Here are a list of common issues and the work-around needed to get them through the GATK workflow. This post will be a living document that is updated as new issues are brought to light.
Recipe 1: Fix Broken Read Names
If you see:
INFO 2018-06-15 05:06:19 RevertSam Discarded 10069697 out of 10069697 (100.000%) reads in order to sanitize output.
Then do this:
samtools bam2fq 0629-c0fc0db1-8e0e-4548-aa9c-2098bcfc4e3a.bam | gzip > interleaved_reads.fq.gz
bbmap/repair.sh in=interleaved_reads.fq.gz out1=1.fq out2=2.fq outs=singletons.fq repair
What it does:
The root issue here is that FTDNA has discarded part of the read pair name in their processing. We need to start over from the fundamentals by reverting their BAM to an interleaved FASTQ file. Once we have the raw read data we can use Bbmap’s repair module to reapply the missing /1 and /2 portion of the names. The first two output files are suitable for running into fastq_to_sam.sh. The singletons.fq file contains the unpaired reads caused by FTDNA filtering your BAM to only the chrY regions. BWA MEM will not be able to align them as accurately without their mate, and clean BAMs should not contain them under best practices.

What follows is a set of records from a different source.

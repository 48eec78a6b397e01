//! How much a run has reserved.
ghost use Rattle.std.specs.Prelude.{◌≡◌, ◌+◌, ◌<◌, ◌^◌};
ghost use Rattle.smx_lines.specs.Relay.{Relay};
ghost use Rattle.smx_relay.specs.Sizes.{lane_places, client_places, places_of, is_too_large};
ghost use Rattle.smx_lines.specs.States.{StandsFor};

use smx_history::Limits;
use smx_lines::State;

/// The most places that a run may reserve. A request, a response, an entry and a message have at most 48 octets
/// each, so these are less than 1 GB.
const MOST_PLACES: u128 = 20_000_000;

/// The places for a client's row on a lane: it has 80 octets, and a ring that grows has twice as many.
const ROW_PLACES: u128 = 4;

/// The places for a client's link, likewise.
const LINK_PLACES: u128 = 16;

// The places of a lane with so many clients.
fn lane_places(limits: Limits, clients: usize) -> u128
    ensures value { result ≡ lane_places limits clients }
    ensures small { result < 2 ^ 64 + 2 ^ 35 }
{
    let clients = (clients as u128).min(limits.history as u128);
    limits.queue as u128
        + limits.window as u128
        + limits.history as u128
        + clients * (limits.client as u128 + ROW_PLACES)
}

// The places of a client's link and mailbox.
fn client_places(places: u32) -> u128
    ensures value { result ≡ client_places places }
    ensures small { result < 2 ^ 34 }
{
    2 * places as u128 + LINK_PLACES
}

// The places that are reserved.
fn places(state: &State) -> u128
    ensures { (s : Relay) → StandsFor state.now s → result ≡ places_of s }
{
    let clients = state.clients.list.len();
    state.lanes.len() as u128 * lane_places(state.limits, clients)
        + clients as u128 * client_places(state.places)
}

/// Whether more is reserved than a run may.
pub(crate) fn is_too_large(state: &State) -> bool
    ensures { (s : Relay) → StandsFor state.now s → result ≡ is_too_large s }
{
    places(state) > MOST_PLACES
}
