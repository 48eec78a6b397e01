//! A whole run: the script is read, and then run line by line.
ghost use Rattle.std.specs.Prelude.{◌≡◌, ℕ, List, map, IfSome};
ghost use Rattle.std.specs.Io.KnownBytes.{Appends};
ghost use Rattle.smx_script.specs.Script.{lines_of};
ghost use Rattle.smx_lines.specs.Relay.{new_relay};
ghost use Rattle.smx_lines.specs.States.{StandsFor};
ghost use Rattle.smx_relay.specs.Ends.{Ends};

use crate::end::RunEnd;
use crate::size::is_too_large;
use smx_lines::{State, bad_line, new_state, reason, run_line};
use smx_script::lines_of;
use smx_whole_text::{ReadFault, read_octets, write_text};
use std::alloc::Global;
use std::io::{Read, Write};

/// The most octets that a script has.
const MAX_SCRIPT: usize = 1_048_576;

// Runs the lines of a script on the state before the first.
fn relay_lines<W: Write>(
    alloc: Global,
    state: &mut State,
    lines: &[&[u8]],
    writer: &mut W,
) -> RunEnd
    requires { StandsFor state.old new_relay }
    ensures { (script : List ℕ) → map (λ line. line.now) lines.now ≡ lines_of script
        → (out : List ℕ) × Appends (W.contents writer.old) (W.contents writer.new) out
        × Ends result script out }
{
    for (i, line) in lines.iter().enumerate() {
        if is_too_large(state) {
            return RunEnd::TooLarge(i as u64 + 1);
        }
        match run_line(alloc, state, line) {
            Ok(Some(text)) => match write_text(writer, &text) {
                Ok(()) => {}
                Err(_) => return RunEnd::WriteFault,
            },
            Ok(None) => {
                let number = i as u64 + 1;
                let Ok(text) = bad_line(alloc, number) else {
                    return RunEnd::NoMemory;
                };
                match write_text(writer, text.as_bytes()) {
                    Ok(()) => return RunEnd::BadLine(number, reason(alloc, state, line)),
                    Err(_) => return RunEnd::WriteFault,
                }
            }
            Err(_) => return RunEnd::NoMemory,
        }
    }
    RunEnd::Clean
}

// Runs a script that was read, on the state before the first line.
fn relay<W: Write>(alloc: Global, state: &mut State, script: &[u8], writer: &mut W) -> RunEnd
    requires { StandsFor state.old new_relay }
    ensures { (out : List ℕ) × Appends (W.contents writer.old) (W.contents writer.new) out
        × Ends result script.now out }
{
    let Ok(lines) = lines_of(alloc, script) else {
        return RunEnd::NoMemory;
    };
    relay_lines(alloc, state, lines.as_slice(), writer)
}

/// Reads a script whole, runs it on a state that was just made, and writes what its lines print, up to and with the
/// first bad line. Where writing fails, memory runs out or the run would be too large, a front of that was written.
/// The writer isn't flushed. The state has all that the lines reserved; a program that ends next may forget it, since
/// to free it can take as long as the run.
pub fn run_on<R: Read, W: Write>(
    alloc: Global,
    state: &mut State,
    reader: &mut R,
    writer: &mut W,
) -> RunEnd
    requires { StandsFor state.old new_relay }
    ensures { IfSome (R.remaining reader.old) (λ script. (out : List ℕ)
        × Appends (W.contents writer.old) (W.contents writer.new) out × Ends result script out) }
{
    match read_octets(alloc, reader, MAX_SCRIPT) {
        Ok(script) => relay(alloc, state, &script, writer),
        Err(ReadFault::TooLong) => RunEnd::TooLong,
        Err(ReadFault::Failed) => RunEnd::ReadFault,
        Err(ReadFault::NoMemory) => RunEnd::NoMemory,
    }
}

/// The same on a state of its own, which is freed.
pub fn run<R: Read, W: Write>(alloc: Global, reader: &mut R, writer: &mut W) -> RunEnd
    ensures { IfSome (R.remaining reader.old) (λ script. (out : List ℕ)
        × Appends (W.contents writer.old) (W.contents writer.new) out × Ends result script out) }
{
    match new_state(alloc) {
        Ok(mut state) => run_on(alloc, &mut state, reader, writer),
        Err(_) => RunEnd::NoMemory,
    }
}
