//! How a run ends.
use smx_script::Reason;
use thiserror::Error;

/// How the run of a script ended.
#[derive(Clone, Copy, Debug, PartialEq, Eq, Error)]
pub enum RunEnd {
    /// Each line was run.
    #[error("each line was run")]
    Clean,
    /// The line with this number, from 1 on, is bad, for this reason. The lines before it were run.
    #[error("line {0}: {1}")]
    BadLine(u64, Reason),
    /// The line with this number was not run, since what the lines before it reserve is more than a run may.
    #[error("line {0} is not run: what stands before it reserves more than 1 GB")]
    TooLarge(u64),
    /// The script has more than 1,048,576 octets.
    #[error("the script has more than 1,048,576 octets")]
    TooLong,
    /// The reader failed.
    #[error("the script could not be read")]
    ReadFault,
    /// The writer failed, or took no octet of some.
    #[error("the output could not be written")]
    WriteFault,
    /// Memory was refused.
    #[error("out of memory")]
    NoMemory,
}
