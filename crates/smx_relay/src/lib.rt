//! The relay: a script of lines drives lanes on one thread, and each line prints what it caused.
#![tactic(auto)]

mod end;
mod engine;
mod size;

pub use end::RunEnd;
pub use engine::{run, run_on};
pub use smx_lines::new_state;
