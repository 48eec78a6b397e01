//! What a value under a lock says of its history.
//!
//! A history is a list of notes, for contracts alone: what the holders of the lock did to the
//! value. `Kept` says which history a value agrees with, and `Told` names the notes of one hold.
//! They stand apart from the lock, so that a value's crate needs no lock to be proved.
#![tactic(auto)]

ghost use Rattle.std.specs.Prelude.{ℕ, List};

/// A value that a lock may keep.
///
/// It is `Drop`, since a lock that is let go lets its value go.
pub trait Kept: Drop {
    /// What one hold did. Give it a `LinkedList` where it has octets: the list is a plain one in
    /// contracts, and no note is ever made.
    type Note;

    /// The part of the value that never changes, as its limits.
    type Fixed;

    // The number of the seat that made a note.
    ghost writer: { Self.Note → ℕ };
    // The part of the value that never changes.
    ghost fixed: { Self → Self.Fixed };
    // Any such part: the lock's proof needs one where no seat is left.
    ghost some_fixed: { Self.Fixed };
    // With which lists of notes the value agrees.
    ghost agrees: { Self → List Self.Note → Type 0 };
}

/// A value that tells which notes the seat with a number made.
pub trait Told<N> {
    ghost notes: { Self → ℕ → List N };
}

Recipe 2: Fix Broken CIGAR Encoding
If you see:
htsjdk.samtools.SAMFormatException: SAM validation error: ERROR: Read name SN7001368:263:HALJ0ADXX:1:2214:15631:92476, Read CIGAR M operator maps off end of reference
OR
htsjdk.samtools.SAMFormatException: SAM validation error: WARNING: Read name SN7001368:184:H9CKDADXX:1:2203:6512:94819, No M or N operator between pair of I operators in CIGAR
Then do this:
samtools bam2fq 3198-2f06198e-5c31-4ac1-aacf-ce7cce5cf646.bam | gzip > interleaved_reads.fq.gz
bbmap/repair.sh in=interleaved_reads.fq.gz out1=1.fq out2=2.fq outs=singletons.fq repair
What it does:
The original generation of Big Y BAMs, while containing all of your sequencing data, had an issue with CIGAR encoding in aengine. The reads are being encoded as falling off the reference or incorrectly tagging substitution and/or indel events. The solution is basically the same as before. Revert to the raw FASTQ files. The repair is likely not necessary but the overhead over simply splitting the interleaved file is minimal. Unfortuantely, GATK doesn’t seem to provide a command line option to simply ignore the error as the mapping information is being discarded by RevertSam anyway.